Common Core Math 6 PLUS
Common Core Math 6 PLUS is a compacted course comprised of all the Common Core Math 6 standards and a portion of the Common Core Math 7 standards.
- Ratios and Proportional Relationships: Understand ratio concepts and use ratio reasoning to solve problems; analyze proportional relationships and use them to solve real‐world and mathematical problems.
- The Number System: Apply and extend previous understandings of multiplication and division to divide fractions by fractions; multiply and divide multi–‐digit numbers and find common factors and multiples; apply and extend previous understandings of numbers to the system of rational numbers.
- Expressions and Equations: Apply and extend previous understandings of arithmetic to algebraic expressions; reason about and solve one variable equations and inequalities; represent and analyze quantitative relationships between dependent and independent variables.
- Geometry: Solve real–‐world and mathematical problems involving area, surface area, and volume; solve real‐life and mathematical problems involving angle and measure.

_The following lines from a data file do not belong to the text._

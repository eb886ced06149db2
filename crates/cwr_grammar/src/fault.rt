ghost use Rattle.std.specs.Prelude.{◌≡◌, ℕ, true, false, List, map};
ghost use Rattle.cwr_grammar.specs.declared.role.Role.{Role};
ghost use Rattle.cwr_grammar.specs.Roles.{role_of};
ghost use Rattle.cwr_grammar.specs.FaultTests.{is_headless, has_control, is_tail};
ghost use Rattle.cwr_grammar.specs.FirstFault.{line_fault};
ghost use Rattle.cwr_grammar.specs.Counted.{counts_of, AreSmall};

use crate::file_counts::FileCounts;
use crate::role::Role;
use cwr_field::is_printable;

/// The greatest number of bytes of a line, up to the end of the file.
pub(crate) const LONGEST_LINE: usize = 4096;

/// The least fault of the next line, where the file did not end before it.
#[inline(always)]
pub(crate) fn fault_of(counts: &FileCounts, line: &[u8], is_clean: bool, role: &Role) -> Option<u8>
    requires small { AreSmall counts.now }
    requires goes { counts.now.is_ended ≡ false }
    requires clean { is_clean ≡ true → has_control line.now ≡ false }
    requires role { role.now ≡ role_of line.now }
    ensures { (before : List (List ℕ)) → counts.now ≡ counts_of (map role_of before) → result ≡ line_fault before line.now }
{
    if is_headless(counts, role) {
        return Some(1);
    }
    if holds_control(line, is_clean) {
        return Some(2);
    }
    if let Some(number) = counts.fault(role) {
        return Some(number);
    }
    if line.len() > LONGEST_LINE {
        Some(12)
    } else {
        None
    }
}

/// Whether a line may follow the end of the file.
pub(crate) fn is_tail(line: &[u8]) -> bool
    ensures { result ≡ is_tail line.now }
{
    line.iter().all(|byte| *byte == b' ' || *byte == 26)
}

fn is_headless(counts: &FileCounts, role: &Role) -> bool
    ensures { (before : List Role) → counts.now ≡ counts_of before → result ≡ is_headless before role.now }
{
    if counts.lines > 0 {
        return false;
    }
    !matches!(role, Role::FileHeader(_))
}

fn holds_control(line: &[u8], is_clean: bool) -> bool
    requires { is_clean ≡ true → has_control line.now ≡ false }
    ensures { result ≡ has_control line.now }
{
    if is_clean {
        return false;
    }
    has_control(line)
}

fn has_control(line: &[u8]) -> bool
    ensures { result ≡ has_control line.now }
{
    !is_printable(line)
}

- Statistics and Probability: Develop understanding of statistical variability; summarize and describe distributions.
Science
Traditional laboratory experiences provide opportunities to demonstrate how science is constant, historical, probabilistic, and replicable. Although there are no fixed steps that all scientists follow, scientific investigations usually involve collections of relevant evidence, the use of logical reasoning, the application of imagination to devise hypotheses, and explanations to make sense of collected evidence. Student engagement in scientific investigation provides background for understanding the nature of scientific inquiry. In addition, the science process skills necessary for inquiry are acquired through active experience. The process skills support development of reasoning and problem‐solving ability and are the core of scientific methodologies.
Social Studies
Students in sixth grade will continue to expand the knowledge, skills, and understandings acquired in the fourth and fifth grade studies of North Carolina and the United States by connecting those studies to their first formal look at a study of the world. Sixth graders will focus heavily on the discipline of geography by using the themes of location, place, movement, human–‐environment interaction, and region to understand the emergence, expansion, and decline of civilizations and societies from the beginning of human existence to the Age of Exploration. Students will take a systematic look at the history and culture of various world regions including the development of economic, political and social systems through the lens of change and continuity. As students examine the various factors that shaped the development of civilizations, societies, and regions in the ancient world, they will examine both similarities and differences among these areas. Conscious effort will be made to integrate various civilizations, societies, and regions from every continent (Africa, Asia, Europe and the Americas). During this study, students will learn to recognize and interpret the “lessons of history;” those transferable understandings that are supported throughout time by recurring themes and issues.